Dataset entries
· · · · ·

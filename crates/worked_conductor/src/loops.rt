//! The loops of docs/use/CONDUCTOR.md, as they are there.
ghost use Rattle.std.specs.Prelude.{◌≡◌};
ghost use Rattle.hc_conductor.specs.Seats.{task_seat_origin};

use hc_conductor::conductor::Conductor;
use hc_conductor::seat::TaskSeat;
use hc_events::faults::CoreFault;
use hc_events::sending::Sending;
use hc_records::records::VarId;
use std::alloc::Global;
use std::sync::Wait;

/// The network to which frames go.
pub trait Network {
    /// Sends a frame out. The frame that comes back is in its place.
    fn exchange(&mut self, frame: &mut [u8]);
}

/// Room for the frames of both tasks.
const ROOM: usize = 256;

/// Writes each owed register block.
fn write_owed<N: Network>(
    alloc: Global,
    conductor: &mut Conductor,
    network: &mut N,
) -> Result<(), CoreFault> {
    let mut frame = [0; ROOM];
    for _ in 0..conductor.core().owed() {
        let size = conductor.next_write(&mut frame)?;
        let Some(sent) = frame.get_mut(..size) else {
            return Ok(());
        };
        network.exchange(sent);
        conductor.arrive(alloc, sent);
    }
    Ok(())
}

/// Sends each frame out, and hands the frame that comes back to the conductor.
fn exchange_all<N: Network>(
    alloc: Global,
    conductor: &mut Conductor,
    network: &mut N,
    frames: &[Sending],
    arena: &mut [u8; ROOM],
) {
    let mut at: usize = 0;
    for frame in frames {
        let end = at.saturating_add(frame.size());
        let Some(sent) = arena.get_mut(at..end) else {
            return;
        };
        network.exchange(sent);
        conductor.arrive(alloc, sent);
        at = end;
    }
}

/// One cycle of the master's thread.
pub fn master_cycle<R: Wait, N: Network>(
    rt: &R,
    alloc: Global,
    conductor: &mut Conductor,
    network: &mut N,
) -> Result<(), CoreFault> {
    write_owed(alloc, conductor, network)?; // register blocks that the line lacks
    conductor.take_posts(); // what the tasks posted is sent from now on
    let mut arena = [0; ROOM];
    let frames = conductor.send(alloc, &[0, 1], &mut arena)?;
    exchange_all(alloc, conductor, network, &frames, &mut arena);
    conductor.publish(rt, alloc)?; // what came is seen from now on
    Ok(())
}

/// The value that a task reads, and its seat.
fn read(seat: TaskSeat, input: VarId) -> (TaskSeat, Option<u64>)
    ensures { task_seat_origin result.0 ≡ task_seat_origin seat }
{
    match seat.view() {
        Ok(view) => {
            let value = view.value(input).ok();
            (view.leave(), value)
        }
        Err(seat) => (seat, None), // no entry: the seat as it was
    }
}

/// Posts outputs, each byte as this one, for the epoch that was viewed last.
fn post(seat: &mut TaskSeat, byte: u8)
    ensures { task_seat_origin seat.new ≡ task_seat_origin seat.old }
{
    if seat.hold().is_err() {
        return; // four posts wait
    }
    seat.held_mut().fill(byte);
    let _ = seat.post(); // refused, they stay held
}

/// One cycle of a task's thread. Returns the value that it read, and the seat for the next cycle, which is of the same
/// conductor.
pub fn task_cycle(seat: TaskSeat, input: VarId, byte: u8) -> (TaskSeat, Option<u64>)
    ensures { task_seat_origin result.0 ≡ task_seat_origin seat }
{
    let (mut seat, value) = read(seat, input);
    post(&mut seat, byte);
    (seat, value)
}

· · · · ·

DIRECTIONS FOR THIS TASK
Using the data above, copy each line that contains "VarId".

TASK RESULT
use hc_records::records::VarId;
fn read(seat: TaskSeat, input: VarId) -> (TaskSeat, Option<u64>)
pub fn task_cycle(seat: TaskSeat, input: VarId, byte: u8) -> (TaskSeat, Option<u64>)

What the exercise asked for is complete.